I live in a bit of an internet backwater so to get Step 3 to work I had to add the following to the @eugr Docker file

# Increase timeout for large package downloads (default is 60s)
ENV UV_HTTP_TIMEOUT=300
ENV UV_RETRIES=10

Very Snappy!

╔══════════════════════════════════════════════════════╗
║  Qwen3.5-122B-A10B Benchmark: test 
║  Thu Apr  9 08:49:53 PM AEST 2026
╚══════════════════════════════════════════════════════╝

── Run 1/2 ──────────────────────────────────────
  [Q&A] 256 tokens in 4.96s = 51.6 tok/s (prompt: 23)
  [Code] 512 tokens in 9.97s = 51.3 tok/s (prompt: 30)
  [JSON] 1024 tokens in 20.32s = 50.3 tok/s (prompt: 48)
  [Math] 64 tokens in 1.39s = 46.0 tok/s (prompt: 29)
  [LongCode] 2048 tokens in 37.55s = 54.5 tok/s (prompt: 37)

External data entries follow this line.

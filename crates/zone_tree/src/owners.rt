//! The records of a zone by their owners.

ghost use Rattle.std.specs.Prelude.{◌≡◌, ◌++◌, ℕ, ◌<◌, ◌≤◌, [], map, length, slice_index_or, Contains, IsSorted, IfOk, OnOk};
ghost use Rattle.std.specs.List.{flat_map};
ghost use Rattle.dns_data.specs.Name.{Labels, name_cmp, AreInOrder};
ghost use Rattle.zone_tree.specs.OwnedData.{IsFormPut};
ghost use Rattle.zone_tree.specs.Owners.{data_of_runs, leading};
ghost use Rattle.zone_tree.specs.Records.{TellsData};
ghost use Rattle.zone_tree.specs.Runs.{data_of_run, owner_of, records_in};

use crate::owned_data::{OwnedData, OwnedForm, put_form};
use crate::owned_lists::OwnedLists;
use crate::runs::KeyedRun;
use dns_data::{Name, NoMemory, Rr};
use std::alloc::Global;

/// What each of the names owns, by runs of records in the order of their owners, which are among the names.
pub(crate) fn records_by_name<'a>(
    alloc: Global,
    names: &[Name],
    runs: &[KeyedRun<'a>],
) -> Result<OwnedData<'a>, NoMemory>
    requires names { AreInOrder names.now }
    requires sorted { IsSorted name_cmp (map owner_of runs.now) }
    requires among { (owner : Labels) → Contains (map owner_of runs.now) owner → Contains names.now owner }
    ensures many { IfOk result (λ all. length all ≡ length names.now) }
    ensures each { IfOk result (λ all. (k : ℕ) (d : _) → k < length names.now → TellsData (data_of_runs runs.now (slice_index_or names.now k [])) (slice_index_or all k d)) }
{
    let mut forms = Vec::with_capacity(alloc, names.len())?;
    let mut lists = OwnedLists::new(alloc);
    let mut rrs = Vec::new(alloc);
    let mut at = 0;
    for name in names {
        let left = &runs[at..];
        let (own, _) = left.split_at(leading(left, name));
        forms.push(form_by_runs(alloc, &mut lists, &mut rrs, own)?)?;
        at += own.len();
    }
    Ok(OwnedData::of(forms, lists))
}

/// How many runs at the front have this owner.
fn leading(runs: &[KeyedRun<'_>], name: &Name) -> usize
    ensures value { result ≡ leading name.now (map owner_of runs.now) }
    ensures within { result ≤ length runs.now }
{
    let mut count = 0;
    for run in runs {
        if run.first.owner != *name {
            return count;
        }
        count += 1;
    }
    count
}

/// The form of what a name owns, by the runs of its records, which are put in the place of other records.
fn form_by_runs<'a>(
    alloc: Global,
    lists: &mut OwnedLists<'a>,
    rrs: &mut Vec<&'a Rr>,
    runs: &[KeyedRun<'a>],
) -> Result<OwnedForm<'a>, NoMemory>
    ensures { IfOk result (IsFormPut (flat_map data_of_run runs.now) lists.old lists.new) }
{
    put_runs(rrs, runs)?;
    put_form(alloc, lists, rrs.as_slice())
}

/// Puts the records of runs in the place of others.
fn put_runs<'a>(rrs: &mut Vec<&'a Rr>, runs: &[KeyedRun<'a>]) -> Result<(), NoMemory>
    ensures { OnOk result (map (λ rr. rr.now) rrs.new.items ≡ flat_map records_in runs.now) }
{
    rrs.clear();
    for run in runs {
        put_run(rrs, run)?;
    }
    Ok(())
}

/// Puts the records of a run behind others.
fn put_run<'a>(rrs: &mut Vec<&'a Rr>, run: &KeyedRun<'a>) -> Result<(), NoMemory>
    ensures { OnOk result (map (λ rr. rr.now) rrs.new.items ≡ map (λ rr. rr.now) rrs.old.items ++ records_in run.now) }
{
    rrs.push(run.first)?;
    for rr in run.rest {
        rrs.push(rr)?;
    }
    Ok(())
}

── Run 2/2 ──────────────────────────────────────
  [Q&A] 256 tokens in 5.07s = 50.4 tok/s (prompt: 23)
  [Code] 512 tokens in 9.69s = 52.8 tok/s (prompt: 30)
  [JSON] 1024 tokens in 19.75s = 51.8 tok/s (prompt: 48)
  [Math] 64 tokens in 1.35s = 47.4 tok/s (prompt: 29)
  [LongCode] 2048 tokens in 37.71s = 54.3 tok/s (prompt: 37)

=== Done ===

Hope it codes as well ;)

Qwen3.5-122B-A10B 100%. IFBench for Qwen3-coder-next is too small for real tasks, just 35%.

Coding quality feels like Sonnet 4+ — solid. However, Qwen3.5 shares a common trait with Gemini: both tend to be opinionated. Once they settle on an approach, they resist course-correction. With my design and engineering background, I can usually guide a model toward what I need — but with Qwen3.5 and Gemini, it becomes a constant battle rather than a collaboration.

Yesterday, while testing image capabilities for XQDev, I sent Qwen3.5 122b photos from the Artemis 2 mission. It described the visuals correctly — space and a planet — but got the source wrong every time: one photo it attributed to Artemis 1, and another it identified as Pluto rather than the Moon. When I explicitly pointed out that today is April 9, 2026 and Artemis 2 has already happened — the model doubled down, insisting I was wrong because “the mission dates haven’t been set yet.” A total facepalm moment. And that’s exactly how it behaves when coding — the code itself is fine, but it poorly follows the design guidance and defaults to its own vision of the solution instead.